--- START ---
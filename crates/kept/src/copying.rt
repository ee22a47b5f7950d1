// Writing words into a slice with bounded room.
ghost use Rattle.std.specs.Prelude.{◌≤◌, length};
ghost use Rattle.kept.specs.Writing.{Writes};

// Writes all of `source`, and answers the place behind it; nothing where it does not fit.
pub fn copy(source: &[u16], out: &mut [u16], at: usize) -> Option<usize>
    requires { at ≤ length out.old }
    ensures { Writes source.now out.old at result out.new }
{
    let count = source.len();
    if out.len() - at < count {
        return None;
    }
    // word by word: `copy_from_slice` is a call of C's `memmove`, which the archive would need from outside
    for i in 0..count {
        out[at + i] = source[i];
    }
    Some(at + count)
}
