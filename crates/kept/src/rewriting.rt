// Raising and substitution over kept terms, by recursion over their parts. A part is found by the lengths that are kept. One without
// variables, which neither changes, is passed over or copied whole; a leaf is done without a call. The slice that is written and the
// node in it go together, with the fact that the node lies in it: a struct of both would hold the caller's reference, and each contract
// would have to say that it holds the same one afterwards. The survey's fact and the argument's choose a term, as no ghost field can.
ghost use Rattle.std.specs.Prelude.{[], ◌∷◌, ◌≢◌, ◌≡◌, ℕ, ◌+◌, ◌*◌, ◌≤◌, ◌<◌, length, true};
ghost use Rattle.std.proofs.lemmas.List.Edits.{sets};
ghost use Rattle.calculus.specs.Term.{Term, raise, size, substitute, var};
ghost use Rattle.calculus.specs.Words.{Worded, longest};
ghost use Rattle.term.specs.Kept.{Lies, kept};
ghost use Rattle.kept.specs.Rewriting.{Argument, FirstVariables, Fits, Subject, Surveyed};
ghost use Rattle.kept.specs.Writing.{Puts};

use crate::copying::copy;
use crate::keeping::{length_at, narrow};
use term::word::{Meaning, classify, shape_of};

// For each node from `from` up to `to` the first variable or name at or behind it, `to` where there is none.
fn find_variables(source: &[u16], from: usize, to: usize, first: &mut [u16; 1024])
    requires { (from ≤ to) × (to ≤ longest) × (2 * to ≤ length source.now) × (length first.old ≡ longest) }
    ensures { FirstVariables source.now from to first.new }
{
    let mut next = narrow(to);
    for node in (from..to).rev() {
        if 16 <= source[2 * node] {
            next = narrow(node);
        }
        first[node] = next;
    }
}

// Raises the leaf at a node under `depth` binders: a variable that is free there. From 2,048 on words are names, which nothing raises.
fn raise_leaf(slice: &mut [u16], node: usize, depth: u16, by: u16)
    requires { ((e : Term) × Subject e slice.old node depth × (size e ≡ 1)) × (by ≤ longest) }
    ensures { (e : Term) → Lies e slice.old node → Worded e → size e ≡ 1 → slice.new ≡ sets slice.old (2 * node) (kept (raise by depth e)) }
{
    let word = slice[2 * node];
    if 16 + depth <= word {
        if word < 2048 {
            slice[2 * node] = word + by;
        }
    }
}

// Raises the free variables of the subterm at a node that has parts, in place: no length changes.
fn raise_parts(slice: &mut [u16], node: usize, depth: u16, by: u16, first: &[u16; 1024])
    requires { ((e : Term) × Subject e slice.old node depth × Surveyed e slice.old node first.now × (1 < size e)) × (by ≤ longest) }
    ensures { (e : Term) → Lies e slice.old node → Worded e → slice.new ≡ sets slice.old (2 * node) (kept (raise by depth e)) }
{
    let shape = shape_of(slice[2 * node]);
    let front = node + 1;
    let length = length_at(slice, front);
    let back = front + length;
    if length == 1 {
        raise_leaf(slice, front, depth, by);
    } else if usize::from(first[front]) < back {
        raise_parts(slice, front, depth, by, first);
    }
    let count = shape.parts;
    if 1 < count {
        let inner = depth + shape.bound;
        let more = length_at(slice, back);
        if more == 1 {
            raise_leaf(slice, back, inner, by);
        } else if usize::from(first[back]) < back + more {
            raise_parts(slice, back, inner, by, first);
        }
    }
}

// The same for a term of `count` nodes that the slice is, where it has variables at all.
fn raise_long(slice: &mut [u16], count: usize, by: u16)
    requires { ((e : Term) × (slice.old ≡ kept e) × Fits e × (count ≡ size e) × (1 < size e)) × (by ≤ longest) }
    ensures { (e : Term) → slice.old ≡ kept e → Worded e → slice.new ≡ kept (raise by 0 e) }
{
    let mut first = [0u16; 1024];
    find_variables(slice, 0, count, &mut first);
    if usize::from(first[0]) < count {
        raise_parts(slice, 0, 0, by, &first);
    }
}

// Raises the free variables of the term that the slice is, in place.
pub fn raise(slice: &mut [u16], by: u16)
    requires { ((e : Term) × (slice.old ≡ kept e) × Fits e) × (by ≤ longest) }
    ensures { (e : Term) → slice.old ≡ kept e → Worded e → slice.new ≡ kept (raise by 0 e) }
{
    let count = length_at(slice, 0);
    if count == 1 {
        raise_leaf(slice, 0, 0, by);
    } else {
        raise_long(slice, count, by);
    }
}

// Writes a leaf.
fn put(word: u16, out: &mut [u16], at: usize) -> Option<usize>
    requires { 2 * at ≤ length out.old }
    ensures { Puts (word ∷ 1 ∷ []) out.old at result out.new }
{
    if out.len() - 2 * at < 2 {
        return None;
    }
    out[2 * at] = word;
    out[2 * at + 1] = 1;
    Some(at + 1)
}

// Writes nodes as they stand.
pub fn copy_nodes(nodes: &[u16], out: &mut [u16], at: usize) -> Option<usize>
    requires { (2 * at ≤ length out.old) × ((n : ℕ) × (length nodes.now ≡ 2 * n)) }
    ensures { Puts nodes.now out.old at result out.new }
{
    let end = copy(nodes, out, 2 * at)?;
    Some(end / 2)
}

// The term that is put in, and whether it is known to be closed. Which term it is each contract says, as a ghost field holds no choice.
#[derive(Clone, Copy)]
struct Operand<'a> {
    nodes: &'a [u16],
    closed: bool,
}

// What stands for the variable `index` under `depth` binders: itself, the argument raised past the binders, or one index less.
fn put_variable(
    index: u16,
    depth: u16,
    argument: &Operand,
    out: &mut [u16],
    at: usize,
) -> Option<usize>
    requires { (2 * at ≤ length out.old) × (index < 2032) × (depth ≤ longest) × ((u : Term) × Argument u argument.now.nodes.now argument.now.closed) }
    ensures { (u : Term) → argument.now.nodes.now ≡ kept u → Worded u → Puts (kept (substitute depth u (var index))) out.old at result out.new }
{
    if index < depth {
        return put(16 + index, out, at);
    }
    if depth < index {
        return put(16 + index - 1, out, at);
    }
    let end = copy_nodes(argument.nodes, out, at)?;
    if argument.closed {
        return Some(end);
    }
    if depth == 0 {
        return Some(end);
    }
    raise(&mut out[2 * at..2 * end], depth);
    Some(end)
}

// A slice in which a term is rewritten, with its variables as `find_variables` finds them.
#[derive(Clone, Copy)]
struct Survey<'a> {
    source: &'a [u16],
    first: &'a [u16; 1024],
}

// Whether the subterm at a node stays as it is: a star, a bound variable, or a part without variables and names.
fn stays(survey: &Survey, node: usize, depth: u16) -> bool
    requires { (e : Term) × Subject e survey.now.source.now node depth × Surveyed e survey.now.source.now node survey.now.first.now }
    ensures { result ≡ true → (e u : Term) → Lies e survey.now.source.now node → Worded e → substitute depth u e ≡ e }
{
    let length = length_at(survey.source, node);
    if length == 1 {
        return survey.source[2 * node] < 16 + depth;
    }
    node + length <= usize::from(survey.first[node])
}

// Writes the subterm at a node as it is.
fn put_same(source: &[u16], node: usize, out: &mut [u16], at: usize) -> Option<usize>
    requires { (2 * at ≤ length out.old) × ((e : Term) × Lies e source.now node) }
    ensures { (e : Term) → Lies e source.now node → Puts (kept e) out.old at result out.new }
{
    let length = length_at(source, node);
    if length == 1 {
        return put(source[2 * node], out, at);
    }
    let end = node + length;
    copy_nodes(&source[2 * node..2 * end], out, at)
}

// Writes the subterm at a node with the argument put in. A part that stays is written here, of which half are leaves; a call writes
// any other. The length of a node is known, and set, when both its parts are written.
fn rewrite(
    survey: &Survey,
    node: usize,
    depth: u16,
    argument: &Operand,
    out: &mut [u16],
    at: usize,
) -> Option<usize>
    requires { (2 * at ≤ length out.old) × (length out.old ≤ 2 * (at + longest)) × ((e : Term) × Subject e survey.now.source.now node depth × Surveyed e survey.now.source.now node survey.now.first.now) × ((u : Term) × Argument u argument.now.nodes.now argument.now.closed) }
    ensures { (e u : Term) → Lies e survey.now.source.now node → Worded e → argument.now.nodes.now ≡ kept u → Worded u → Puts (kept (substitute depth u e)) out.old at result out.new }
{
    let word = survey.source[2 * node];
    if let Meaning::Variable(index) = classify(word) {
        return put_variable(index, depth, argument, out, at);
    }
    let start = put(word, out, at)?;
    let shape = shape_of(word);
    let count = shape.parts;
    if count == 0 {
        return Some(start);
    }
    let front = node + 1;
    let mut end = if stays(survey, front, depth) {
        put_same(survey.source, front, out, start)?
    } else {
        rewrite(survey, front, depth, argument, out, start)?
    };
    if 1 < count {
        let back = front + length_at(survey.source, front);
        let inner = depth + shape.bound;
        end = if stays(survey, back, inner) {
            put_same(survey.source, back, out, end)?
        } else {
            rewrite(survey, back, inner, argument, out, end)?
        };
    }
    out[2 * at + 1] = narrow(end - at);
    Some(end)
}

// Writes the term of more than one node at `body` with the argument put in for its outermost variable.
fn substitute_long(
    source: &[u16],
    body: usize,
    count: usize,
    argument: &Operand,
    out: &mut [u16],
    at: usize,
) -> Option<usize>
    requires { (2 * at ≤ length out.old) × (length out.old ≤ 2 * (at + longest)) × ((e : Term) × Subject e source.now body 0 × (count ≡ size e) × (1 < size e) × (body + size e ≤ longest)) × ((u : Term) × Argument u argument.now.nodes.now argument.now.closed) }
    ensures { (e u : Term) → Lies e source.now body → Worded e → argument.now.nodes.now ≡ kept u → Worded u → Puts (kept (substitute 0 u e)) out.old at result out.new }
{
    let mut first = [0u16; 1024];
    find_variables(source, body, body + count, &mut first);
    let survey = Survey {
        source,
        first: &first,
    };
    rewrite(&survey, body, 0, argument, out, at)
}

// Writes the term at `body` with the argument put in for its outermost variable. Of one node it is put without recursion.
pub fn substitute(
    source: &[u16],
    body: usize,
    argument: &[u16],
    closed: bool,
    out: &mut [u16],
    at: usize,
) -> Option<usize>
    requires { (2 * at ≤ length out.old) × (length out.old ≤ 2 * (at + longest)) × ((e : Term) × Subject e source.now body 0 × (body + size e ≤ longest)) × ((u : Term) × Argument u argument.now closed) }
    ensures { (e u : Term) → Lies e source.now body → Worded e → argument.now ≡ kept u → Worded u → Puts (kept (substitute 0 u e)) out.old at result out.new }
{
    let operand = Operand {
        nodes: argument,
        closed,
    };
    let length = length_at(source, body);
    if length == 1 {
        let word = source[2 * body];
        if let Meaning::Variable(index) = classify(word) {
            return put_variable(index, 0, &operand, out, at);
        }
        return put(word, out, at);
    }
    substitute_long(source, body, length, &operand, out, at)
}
--- END ---
--- START ---
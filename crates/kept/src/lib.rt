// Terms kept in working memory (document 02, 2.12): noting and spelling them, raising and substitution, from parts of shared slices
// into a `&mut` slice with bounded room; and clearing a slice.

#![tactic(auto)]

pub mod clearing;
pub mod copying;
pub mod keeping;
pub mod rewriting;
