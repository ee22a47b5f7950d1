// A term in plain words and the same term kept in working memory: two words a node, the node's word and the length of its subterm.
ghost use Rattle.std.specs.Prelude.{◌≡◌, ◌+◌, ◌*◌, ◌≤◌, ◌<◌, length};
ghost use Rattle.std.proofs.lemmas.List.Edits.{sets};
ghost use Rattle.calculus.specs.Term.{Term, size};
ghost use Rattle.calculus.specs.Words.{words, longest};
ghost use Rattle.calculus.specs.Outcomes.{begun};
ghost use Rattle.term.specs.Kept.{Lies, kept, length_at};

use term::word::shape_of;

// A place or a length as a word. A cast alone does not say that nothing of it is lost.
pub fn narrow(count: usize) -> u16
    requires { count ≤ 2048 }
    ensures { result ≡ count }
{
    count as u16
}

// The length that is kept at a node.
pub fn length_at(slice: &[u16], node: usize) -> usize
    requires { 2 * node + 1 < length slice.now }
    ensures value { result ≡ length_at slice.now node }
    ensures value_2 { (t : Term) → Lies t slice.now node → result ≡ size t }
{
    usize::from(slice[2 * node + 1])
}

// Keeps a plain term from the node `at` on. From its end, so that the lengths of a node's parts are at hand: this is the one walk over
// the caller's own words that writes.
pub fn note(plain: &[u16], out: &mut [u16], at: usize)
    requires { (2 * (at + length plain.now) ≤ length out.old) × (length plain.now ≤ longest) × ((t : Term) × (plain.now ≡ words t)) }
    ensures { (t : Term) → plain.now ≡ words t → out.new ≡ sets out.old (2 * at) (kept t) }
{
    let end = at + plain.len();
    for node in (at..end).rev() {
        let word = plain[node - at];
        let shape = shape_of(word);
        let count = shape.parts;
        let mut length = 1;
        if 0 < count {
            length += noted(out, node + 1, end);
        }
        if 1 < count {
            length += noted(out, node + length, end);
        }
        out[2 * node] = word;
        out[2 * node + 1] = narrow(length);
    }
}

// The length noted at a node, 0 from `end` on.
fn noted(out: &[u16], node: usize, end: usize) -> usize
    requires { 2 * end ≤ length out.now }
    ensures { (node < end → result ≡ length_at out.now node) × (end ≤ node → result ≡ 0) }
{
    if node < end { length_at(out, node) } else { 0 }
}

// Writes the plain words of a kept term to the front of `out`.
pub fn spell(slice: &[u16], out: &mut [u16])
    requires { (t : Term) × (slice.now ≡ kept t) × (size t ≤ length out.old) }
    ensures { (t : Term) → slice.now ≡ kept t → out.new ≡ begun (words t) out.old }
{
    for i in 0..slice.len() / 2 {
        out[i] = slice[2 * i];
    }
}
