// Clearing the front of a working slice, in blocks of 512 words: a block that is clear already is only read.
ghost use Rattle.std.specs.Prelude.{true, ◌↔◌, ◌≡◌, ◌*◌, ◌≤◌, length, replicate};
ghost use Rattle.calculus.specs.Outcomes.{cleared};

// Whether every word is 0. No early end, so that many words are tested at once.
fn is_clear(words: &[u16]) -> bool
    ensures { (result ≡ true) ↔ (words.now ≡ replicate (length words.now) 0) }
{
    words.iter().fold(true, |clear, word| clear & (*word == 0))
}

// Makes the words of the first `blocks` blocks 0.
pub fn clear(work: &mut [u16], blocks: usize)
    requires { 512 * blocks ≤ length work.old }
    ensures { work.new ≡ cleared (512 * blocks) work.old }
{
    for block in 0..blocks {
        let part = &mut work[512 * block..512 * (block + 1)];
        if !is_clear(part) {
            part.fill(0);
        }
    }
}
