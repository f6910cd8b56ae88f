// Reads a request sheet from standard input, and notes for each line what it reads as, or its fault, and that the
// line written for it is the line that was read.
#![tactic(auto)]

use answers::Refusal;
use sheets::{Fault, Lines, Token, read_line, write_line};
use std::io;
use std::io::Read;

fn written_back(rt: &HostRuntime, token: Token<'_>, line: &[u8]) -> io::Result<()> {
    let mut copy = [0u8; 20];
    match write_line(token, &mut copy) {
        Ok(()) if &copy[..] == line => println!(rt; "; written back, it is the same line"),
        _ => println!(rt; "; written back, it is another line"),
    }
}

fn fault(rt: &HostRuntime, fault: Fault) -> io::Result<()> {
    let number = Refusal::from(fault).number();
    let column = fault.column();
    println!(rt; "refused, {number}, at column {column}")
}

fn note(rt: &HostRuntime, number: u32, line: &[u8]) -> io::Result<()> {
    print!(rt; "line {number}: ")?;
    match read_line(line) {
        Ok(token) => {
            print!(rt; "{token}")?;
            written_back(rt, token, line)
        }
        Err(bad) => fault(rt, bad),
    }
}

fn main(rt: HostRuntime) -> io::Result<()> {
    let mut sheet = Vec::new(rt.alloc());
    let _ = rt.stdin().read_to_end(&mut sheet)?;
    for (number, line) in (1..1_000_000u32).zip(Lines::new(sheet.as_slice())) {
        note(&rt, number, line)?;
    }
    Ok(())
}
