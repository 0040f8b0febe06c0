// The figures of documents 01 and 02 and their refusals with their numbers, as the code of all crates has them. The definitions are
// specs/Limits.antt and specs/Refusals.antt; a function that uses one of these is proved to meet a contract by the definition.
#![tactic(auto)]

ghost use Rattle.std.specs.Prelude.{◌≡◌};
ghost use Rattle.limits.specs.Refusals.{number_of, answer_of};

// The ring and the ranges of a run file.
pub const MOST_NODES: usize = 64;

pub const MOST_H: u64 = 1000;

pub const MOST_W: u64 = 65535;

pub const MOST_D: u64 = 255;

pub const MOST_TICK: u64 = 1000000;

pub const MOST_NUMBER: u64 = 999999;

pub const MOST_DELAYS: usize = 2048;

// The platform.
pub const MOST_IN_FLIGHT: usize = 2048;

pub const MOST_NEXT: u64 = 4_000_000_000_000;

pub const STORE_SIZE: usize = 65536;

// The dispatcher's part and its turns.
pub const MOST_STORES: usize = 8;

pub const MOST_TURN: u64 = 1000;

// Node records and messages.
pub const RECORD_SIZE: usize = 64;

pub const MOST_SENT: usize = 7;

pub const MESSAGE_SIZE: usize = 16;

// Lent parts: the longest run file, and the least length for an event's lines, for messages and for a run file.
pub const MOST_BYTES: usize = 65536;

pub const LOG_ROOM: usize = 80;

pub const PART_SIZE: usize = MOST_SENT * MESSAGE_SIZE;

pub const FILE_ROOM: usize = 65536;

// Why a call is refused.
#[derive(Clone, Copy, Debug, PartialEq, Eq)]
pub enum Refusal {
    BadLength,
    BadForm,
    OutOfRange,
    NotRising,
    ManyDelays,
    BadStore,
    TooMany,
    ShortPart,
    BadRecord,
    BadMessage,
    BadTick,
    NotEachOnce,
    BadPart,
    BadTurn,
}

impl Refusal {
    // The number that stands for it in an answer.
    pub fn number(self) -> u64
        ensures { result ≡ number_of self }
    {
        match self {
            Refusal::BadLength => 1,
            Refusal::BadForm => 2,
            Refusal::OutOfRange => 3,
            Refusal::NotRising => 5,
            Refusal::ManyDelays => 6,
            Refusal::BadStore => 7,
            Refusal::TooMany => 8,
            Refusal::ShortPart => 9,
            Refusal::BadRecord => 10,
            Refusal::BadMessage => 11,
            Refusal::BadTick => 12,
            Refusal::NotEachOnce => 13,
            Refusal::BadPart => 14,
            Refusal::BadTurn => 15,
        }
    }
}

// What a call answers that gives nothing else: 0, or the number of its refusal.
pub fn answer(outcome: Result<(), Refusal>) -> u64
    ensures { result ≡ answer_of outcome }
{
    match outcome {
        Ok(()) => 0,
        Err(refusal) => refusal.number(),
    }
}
--- END ---
**Requirement:** Wherever a line in the listing contains the word "begun", copy that line out.

**Expected answer:**
ghost use Rattle.calculus.specs.Outcomes.{begun};
    ensures { (t : Term) → slice.now ≡ kept t → out.new ≡ begun (words t) out.old }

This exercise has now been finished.